KALAMAZOO--As the result of a national search, Dr. Lewis R. Pyenson, a research professor and historian at the University of Louisiana, is set to assume the role of dean of the Western Michigan University Graduate College, effective June 15.

A scholar with extensive international experience, Pyenson served as dean of Louisiana's Graduate School for six years, from 1995 to 2001, before moving to his current role as research professor at the Center for Louisiana Studies and professor of history. Pyenson, whose academic focus is the history of science, also is an adjunct professor of physics, philosophy, modern languages and cognitive science at UL-Lafayette, a school with some 16,000 students, including nearly 1,700 at the graduate level.

Pyenson's background includes faculty affiliations with such schools as the universities of Toronto and Montreal and the Virtual University of Quilmes in Argentina. He also has served as a visiting fellow at Princeton and as Suntory lecturer at four Japanese universities. In addition, he served in 2000 as a Rockefeller Foundation Fellow in Argentina at the Ethnographical Museum in Buenos Aires, the Atomic Research Center in Bariloche and the Cordoba Academy of Sciences. In 2005, he lectured as the George Sarton Chair at the University of Ghent in Belgium, and he is the recipient of the 2006 Herbert C. Pollock Award of the Dudley Observatory in Schenectady, New York.

"Dr. Pyenson brings with him a successful track record in graduate program leadership as well as a wealth of experience as an active scholar in his own right," says Dr. Linda Delene, WMU provost and vice president for academic affairs. "His background is an unusual blend of science and the humanities that I think will be invaluable in his work here at WMU. This University will benefit from his energetic leadership and creativity as well as the unique point of view that comes from his own research and writing. He will also participate in the comprehensive review of graduate programs now under way."

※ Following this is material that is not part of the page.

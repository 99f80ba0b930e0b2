// Activation blocks: up to 256 readings as small integers with one float scale, the sums of their 32s and their count.
#![tactic(auto)]

mod block;

pub use block::{Q8Block, count_serves, quantize_block_q8, quantized_block, sums_right};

A prolific writer, Pyenson is the author or co-author of six books and scores of book chapters and professional articles. His books include "The Young Einstein: The Advent of Relativity," "The Art of Teaching Physics," co-edited with Jean-François Gauvin, and "Servants of Nature: A History of Scientific Institutions, Enterprises, and Sensibilities," which he wrote with co-author Susan Sheets-Pyenson.